What you have to do
For the records that follow, give the number of lines in which the word "weighs" occurs, with nothing added.

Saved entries
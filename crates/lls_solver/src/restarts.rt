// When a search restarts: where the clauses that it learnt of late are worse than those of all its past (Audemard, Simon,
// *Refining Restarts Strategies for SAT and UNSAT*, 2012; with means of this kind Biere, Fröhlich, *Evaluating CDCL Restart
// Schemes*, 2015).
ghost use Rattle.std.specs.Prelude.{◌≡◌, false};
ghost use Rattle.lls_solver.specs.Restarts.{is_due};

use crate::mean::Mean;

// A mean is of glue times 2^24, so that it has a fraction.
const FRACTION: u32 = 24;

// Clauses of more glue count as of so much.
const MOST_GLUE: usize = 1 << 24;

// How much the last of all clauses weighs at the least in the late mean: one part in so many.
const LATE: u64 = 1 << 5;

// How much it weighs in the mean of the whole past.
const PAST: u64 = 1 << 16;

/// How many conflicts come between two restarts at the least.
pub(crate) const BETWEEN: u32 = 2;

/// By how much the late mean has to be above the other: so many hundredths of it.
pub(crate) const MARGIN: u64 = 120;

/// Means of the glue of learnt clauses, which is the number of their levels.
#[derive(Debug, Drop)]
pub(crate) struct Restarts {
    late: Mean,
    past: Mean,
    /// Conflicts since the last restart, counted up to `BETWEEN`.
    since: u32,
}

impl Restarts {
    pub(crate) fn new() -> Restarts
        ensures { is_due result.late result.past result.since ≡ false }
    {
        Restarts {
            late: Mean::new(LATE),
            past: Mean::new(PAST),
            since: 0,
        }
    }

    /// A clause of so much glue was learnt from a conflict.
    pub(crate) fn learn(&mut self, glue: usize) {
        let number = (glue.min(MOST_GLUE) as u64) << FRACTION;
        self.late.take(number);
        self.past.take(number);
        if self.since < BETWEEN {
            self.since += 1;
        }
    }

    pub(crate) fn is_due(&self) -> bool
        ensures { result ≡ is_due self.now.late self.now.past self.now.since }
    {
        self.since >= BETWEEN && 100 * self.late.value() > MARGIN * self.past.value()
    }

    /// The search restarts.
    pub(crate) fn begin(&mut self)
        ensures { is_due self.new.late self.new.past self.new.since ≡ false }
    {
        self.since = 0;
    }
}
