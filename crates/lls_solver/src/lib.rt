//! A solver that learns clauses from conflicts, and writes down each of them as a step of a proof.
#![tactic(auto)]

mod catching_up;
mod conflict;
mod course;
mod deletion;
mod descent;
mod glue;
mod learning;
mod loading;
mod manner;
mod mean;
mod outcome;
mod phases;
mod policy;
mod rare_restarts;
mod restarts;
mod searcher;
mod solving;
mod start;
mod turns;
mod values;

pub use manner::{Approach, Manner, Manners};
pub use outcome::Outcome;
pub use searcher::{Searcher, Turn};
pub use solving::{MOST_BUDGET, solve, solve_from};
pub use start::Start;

Exercise output
2